Late last month, I was previledged to be among 12 journalists from across Africa who met in Arusha, Tanzania for a poverty reporting training programme organised by the International Fund for Agriculture Development (Ifad).
The training coincided with the September 26 to 28 Africa Green Revolution Forum (AGRF).
As I sipped a bottle of kilimanjaro beer at Impalla Hotel after a tiresome 12 hour trip to tour ginger farmers Mamba Myaba, a village situated 90 km from Same and about 180 km from a Tanzanian town of Moshi, a Tanzanian economist came and sat next to me.
He greeted me and I introduced myself as a journalist from Malawi. The barman gave him a glass of hakuna matata.
Sitting at the bar, we discussed a number of issues, starting with the Lake Malawi/Lake Nyasa disagreement to politics and economics in the two countries.
One thing that touched me most in our discussion was his comment about the economic problems that Malawi is currently facing.
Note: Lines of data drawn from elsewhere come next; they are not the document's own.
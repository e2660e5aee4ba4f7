//! An entry of a script's text, byte by byte (the manual's wizard.txt).
ghost use Rattle.std.specs.Prelude.{◌≡◌, ◌≤◌, [], ◌∷◌, length, IfSome};
ghost use Rattle.jpg_spec_write.specs.ScriptGrammar.{banded};
ghost use Rattle.jpg_spec.specs.TextReaders.{taken};
ghost use Rattle.jpg_scans.specs.TextState.{colon_by, ended, entry_by, entry_step, is_new_entry, new_entry, whole_entry};

use crate::Entry;
use crate::numbers::Numbers;
use arrayvec::ArrayVec;
use std::marker::Model;

// The components, once a colon was read, and the current numbers.
#[derive(Drop)]
pub struct EntryText {
    components: Option<ArrayVec<u8, 4>>,
    list: Numbers,
}

impl Model for EntryText {
    ghost use Rattle.std.specs.Prelude.{option_map};
    ghost use Rattle.jpg_scans.specs.TextState.{EntryState as State};

    ghost Value = { State };

    ghost view = { λ e. record { components = option_map (λ v. v.items) e.components; list = e.list } };
}

impl EntryText {
    pub fn new() -> EntryText
        ensures { result ≡ new_entry }
    {
        EntryText {
            components: None,
            list: Numbers::new(),
        }
    }

    // Whether nothing but space of an entry was read.
    pub fn is_new(&self) -> bool
        ensures { result ≡ is_new_entry self.now }
    {
        match self.components {
            None => self.list.is_before(),
            Some(_) => false,
        }
    }

    // Takes a byte. Returns whether it may occur there.
    pub fn byte(&mut self, byte: u8) -> bool
        ensures { taken result self.new ≡ entry_step self.old byte }
    {
        if byte == b':' {
            return self.colon();
        }
        self.list.byte(byte)
    }

    fn colon(&mut self) -> bool
        ensures { taken result self.new ≡ entry_step self.old 58 }
    {
        self.list.end();
        if !self.list.is_after() || self.components.is_some() {
            return false;
        }
        self.components = Some(self.list.copy());
        self.list = Numbers::new();
        true
    }

    // The entry, if it may end here.
    pub fn whole(&mut self) -> Option<Entry>
        ensures { result ≡ whole_entry self.old }
    {
        self.list.end();
        if !self.list.is_after() {
            return None;
        }
        let numbers = self.list.copy();
        match &self.components {
            None => Some(entry_of(copy_of(&numbers), 0, 63, 0, 0)),
            Some(components) => match numbers.as_slice() {
                [ss, se, ah, al] => Some(entry_of(copy_of(components), *ss, *se, *ah, *al)),
                _ => None,
            },
        }
    }
}

fn copy_of(numbers: &ArrayVec<u8, 4>) -> ArrayVec<u8, 4>
    ensures { result.items ≡ numbers.now.items }
{
    let mut copy = ArrayVec::new();
    let _ = copy.try_extend_from_slice(numbers.as_slice());
    copy
}

fn entry_of(components: ArrayVec<u8, 4>, ss: u8, se: u8, ah: u8, al: u8) -> Entry
    ensures { result ≡ banded components.items (ss ∷ se ∷ ah ∷ al ∷ []) }
{
    Entry {
        components,
        ss,
        se,
        ah,
        al,
    }
}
He indicated that Malawians are to blame for the forex and fuel problems that the country is facing because most of them are just mere spectators in the 'generating forex game'.
"Malawians have themselves to blame for this problem. You people have too many spectators in this forex generation game. Many of you need forex to buy necessities and luxuries but very few of you are generating that forex.
"You said you live in Blantyre? Just look around the city, how many people are doing something to help generate forex? You will find that it is a handful. Then look around again, how many people need forex? You will find that plenty of people want forex.
"So you need to ask yourselves as Malawians where you are going to get the enormous amount of forex you need. You need to start using your heads than blaming the authorities. Otherwise you will keep singing the same song of forex shortages forever," said the economist before he retired to bed.
Chancellor College Economics Professor Ban Kaluwa agrees that Malawi has too many spectators and very few generating forex.
"They prefer to be spectators and gamblers because although they know the game, they can't play it," said Kaluwa.
To reverse the situation, Kaluwa says first, all the pro-business and pro-exports (anti-imports) foreign exchange rate policy framework will help but that players need to be able to access credit at affordable cost for investment and operations of export producing activities.
Economics Association of Malawi (Ecama) Executive Director Nelson Mkandawire says the the observations by the Tanzanian economist have some elements of truth.
"You send forex out of the country if you import and continue to import which is actually the case with our country. To create forex you need to become a producing and manufacturing country.
"By so doing you become an exporter - your products are demanded outside your country and obviously they will buy in dollars. In the process forex reserves accumulate in a country.
"When you look across the country very few people are in the export market. Whatever a larger population does or produces is largely for home consumption," said Mkandawire.
He argues that, though agriculture is the mainstay the economy at the moment, unfortunately Malawians dwelt much on growing tobacco which is dwindling at a fast pace on the world market today.
"What we need to do to earn more forex and have more Malawians participating in forex generation is to encourage diversified approach to agriculture. Government needs to isolate key crops (soya, tea, groundnuts, maize, beans, mpendazuwa, peas, et cetera) and identify markets out there and encourage farmers to produce those crops for export purposes. Malawi will earn more.
"There is also need to revisit the monetary policies especially the bank lending rates. This will allow Malawians to access funds from banks for them to do business. We appreciate the move by Standard Bank in the area of SMEs as they have recently come up with a package to allow such businesses to thrive on borrowed money without collateral.
" But the challenge remains to be the repayments due to high interest rates which discourages more participation from Malawians," said Mkandawire.
He adds that as a country Malawi also needs to quickly enact the National Export Strategy (NES) which was drafted recently.
"There are a lot of trade imbalances at the moment in the country due to a weak national export strategy. It is my hope that the Ministry of Industry and Trade will speed up the process of ensuring that the draft NES is enacted," said Mkandawire.